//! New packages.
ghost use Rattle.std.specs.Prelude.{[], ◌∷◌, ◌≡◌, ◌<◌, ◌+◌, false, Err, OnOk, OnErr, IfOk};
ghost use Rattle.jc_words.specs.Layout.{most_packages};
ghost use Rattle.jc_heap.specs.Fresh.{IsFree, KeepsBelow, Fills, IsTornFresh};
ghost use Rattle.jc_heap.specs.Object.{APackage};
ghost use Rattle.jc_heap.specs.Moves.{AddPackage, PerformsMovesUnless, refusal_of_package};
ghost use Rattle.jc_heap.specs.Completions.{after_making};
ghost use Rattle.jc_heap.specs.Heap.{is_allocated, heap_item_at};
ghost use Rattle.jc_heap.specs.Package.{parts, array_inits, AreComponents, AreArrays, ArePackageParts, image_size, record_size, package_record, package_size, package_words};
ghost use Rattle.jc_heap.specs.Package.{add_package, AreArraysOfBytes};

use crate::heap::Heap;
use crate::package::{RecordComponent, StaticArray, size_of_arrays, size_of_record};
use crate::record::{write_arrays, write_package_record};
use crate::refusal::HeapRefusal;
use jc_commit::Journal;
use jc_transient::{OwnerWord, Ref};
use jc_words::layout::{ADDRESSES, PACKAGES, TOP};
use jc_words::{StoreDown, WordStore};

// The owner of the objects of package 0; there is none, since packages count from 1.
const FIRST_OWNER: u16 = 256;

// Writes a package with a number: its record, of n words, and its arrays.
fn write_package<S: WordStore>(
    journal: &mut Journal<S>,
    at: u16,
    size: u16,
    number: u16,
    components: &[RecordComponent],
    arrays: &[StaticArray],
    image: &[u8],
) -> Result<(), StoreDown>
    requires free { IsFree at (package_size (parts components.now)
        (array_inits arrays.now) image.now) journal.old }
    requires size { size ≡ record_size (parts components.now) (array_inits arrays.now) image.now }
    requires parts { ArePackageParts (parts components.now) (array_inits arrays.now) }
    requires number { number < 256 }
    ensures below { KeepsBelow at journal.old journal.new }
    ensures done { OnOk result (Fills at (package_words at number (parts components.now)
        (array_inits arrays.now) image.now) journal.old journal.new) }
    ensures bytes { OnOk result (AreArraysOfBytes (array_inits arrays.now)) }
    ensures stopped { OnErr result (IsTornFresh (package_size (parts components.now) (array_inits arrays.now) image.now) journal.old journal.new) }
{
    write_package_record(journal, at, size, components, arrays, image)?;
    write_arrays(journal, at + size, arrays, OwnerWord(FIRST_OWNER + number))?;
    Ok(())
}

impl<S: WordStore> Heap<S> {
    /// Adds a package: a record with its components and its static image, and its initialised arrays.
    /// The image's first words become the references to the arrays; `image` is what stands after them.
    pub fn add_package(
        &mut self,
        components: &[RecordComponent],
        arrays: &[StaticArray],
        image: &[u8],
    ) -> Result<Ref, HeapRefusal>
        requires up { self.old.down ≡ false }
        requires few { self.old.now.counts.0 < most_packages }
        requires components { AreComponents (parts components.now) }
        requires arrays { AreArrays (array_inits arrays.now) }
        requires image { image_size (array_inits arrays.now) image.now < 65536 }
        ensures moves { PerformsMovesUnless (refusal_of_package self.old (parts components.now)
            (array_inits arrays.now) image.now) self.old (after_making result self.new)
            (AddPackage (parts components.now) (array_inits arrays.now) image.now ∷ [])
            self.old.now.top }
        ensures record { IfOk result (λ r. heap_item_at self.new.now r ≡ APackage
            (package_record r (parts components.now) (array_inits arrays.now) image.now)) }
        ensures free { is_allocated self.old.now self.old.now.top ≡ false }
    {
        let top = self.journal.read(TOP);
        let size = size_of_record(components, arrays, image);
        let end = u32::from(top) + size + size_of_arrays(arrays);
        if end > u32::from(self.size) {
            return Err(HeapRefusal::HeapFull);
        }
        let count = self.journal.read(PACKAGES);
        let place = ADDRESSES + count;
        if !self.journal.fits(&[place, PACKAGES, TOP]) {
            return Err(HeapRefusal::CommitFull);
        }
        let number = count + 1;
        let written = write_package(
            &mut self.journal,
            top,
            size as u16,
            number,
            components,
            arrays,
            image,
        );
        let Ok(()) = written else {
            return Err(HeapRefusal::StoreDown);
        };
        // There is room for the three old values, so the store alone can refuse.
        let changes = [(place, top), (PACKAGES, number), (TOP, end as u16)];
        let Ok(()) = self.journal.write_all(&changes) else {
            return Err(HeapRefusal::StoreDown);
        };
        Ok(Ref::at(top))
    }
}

What you are asked to do>
Find the string "StoreDown" in the lines above and count those lines. Give only that count.

Answer for this exercise>
4